_WHAT IS BEING ASKED_
In the records below, how many lines hold the word "first"? Give only the number.

_SOURCE MATERIAL_
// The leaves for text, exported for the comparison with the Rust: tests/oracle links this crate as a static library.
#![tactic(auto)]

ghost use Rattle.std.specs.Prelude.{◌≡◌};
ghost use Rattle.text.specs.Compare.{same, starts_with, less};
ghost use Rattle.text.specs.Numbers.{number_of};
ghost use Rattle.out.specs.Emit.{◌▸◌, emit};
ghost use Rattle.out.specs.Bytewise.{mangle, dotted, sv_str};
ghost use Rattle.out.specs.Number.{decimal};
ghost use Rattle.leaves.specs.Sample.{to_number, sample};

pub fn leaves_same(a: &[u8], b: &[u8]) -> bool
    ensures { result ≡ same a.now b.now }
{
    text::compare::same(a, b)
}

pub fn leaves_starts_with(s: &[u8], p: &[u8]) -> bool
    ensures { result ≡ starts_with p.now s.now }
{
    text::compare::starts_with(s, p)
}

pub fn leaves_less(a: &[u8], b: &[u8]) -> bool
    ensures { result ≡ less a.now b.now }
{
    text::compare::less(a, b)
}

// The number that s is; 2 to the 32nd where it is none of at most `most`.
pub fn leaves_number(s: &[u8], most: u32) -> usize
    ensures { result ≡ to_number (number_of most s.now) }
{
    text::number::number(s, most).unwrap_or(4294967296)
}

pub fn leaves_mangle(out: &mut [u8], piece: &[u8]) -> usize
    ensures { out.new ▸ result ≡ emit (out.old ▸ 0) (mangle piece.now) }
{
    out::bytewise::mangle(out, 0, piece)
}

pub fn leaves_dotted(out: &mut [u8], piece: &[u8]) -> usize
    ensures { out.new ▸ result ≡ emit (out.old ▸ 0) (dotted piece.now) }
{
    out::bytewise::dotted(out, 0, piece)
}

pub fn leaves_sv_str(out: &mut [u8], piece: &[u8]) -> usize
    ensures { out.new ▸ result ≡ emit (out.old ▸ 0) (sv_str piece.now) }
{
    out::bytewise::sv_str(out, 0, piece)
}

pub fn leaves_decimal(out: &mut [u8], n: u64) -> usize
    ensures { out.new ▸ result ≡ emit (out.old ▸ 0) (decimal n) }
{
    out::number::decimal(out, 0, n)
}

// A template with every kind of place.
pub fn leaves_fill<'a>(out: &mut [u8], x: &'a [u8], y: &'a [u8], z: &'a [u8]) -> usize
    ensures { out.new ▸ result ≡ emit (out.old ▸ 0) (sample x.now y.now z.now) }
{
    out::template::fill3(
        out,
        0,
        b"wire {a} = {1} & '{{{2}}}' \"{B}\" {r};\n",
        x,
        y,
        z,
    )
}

--

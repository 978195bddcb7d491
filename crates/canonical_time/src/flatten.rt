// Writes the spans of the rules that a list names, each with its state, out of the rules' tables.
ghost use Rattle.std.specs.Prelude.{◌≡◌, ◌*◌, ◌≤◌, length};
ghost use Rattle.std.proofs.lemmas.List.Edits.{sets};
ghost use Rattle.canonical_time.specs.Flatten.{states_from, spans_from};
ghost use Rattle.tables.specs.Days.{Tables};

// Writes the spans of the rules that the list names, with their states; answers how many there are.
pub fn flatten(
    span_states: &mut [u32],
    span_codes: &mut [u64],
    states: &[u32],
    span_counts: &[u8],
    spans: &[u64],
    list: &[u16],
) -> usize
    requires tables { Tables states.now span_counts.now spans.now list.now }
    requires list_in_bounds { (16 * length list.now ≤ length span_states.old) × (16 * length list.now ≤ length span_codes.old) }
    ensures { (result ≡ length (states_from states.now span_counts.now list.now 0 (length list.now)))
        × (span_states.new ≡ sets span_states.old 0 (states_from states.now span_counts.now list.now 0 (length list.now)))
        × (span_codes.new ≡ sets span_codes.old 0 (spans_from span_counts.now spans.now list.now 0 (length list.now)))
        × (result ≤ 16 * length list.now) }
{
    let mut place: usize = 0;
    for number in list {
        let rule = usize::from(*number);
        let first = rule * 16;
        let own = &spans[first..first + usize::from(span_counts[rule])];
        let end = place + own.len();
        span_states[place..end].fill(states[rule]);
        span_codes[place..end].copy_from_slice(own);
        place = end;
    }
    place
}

_EXERCISE RESPONSE_
2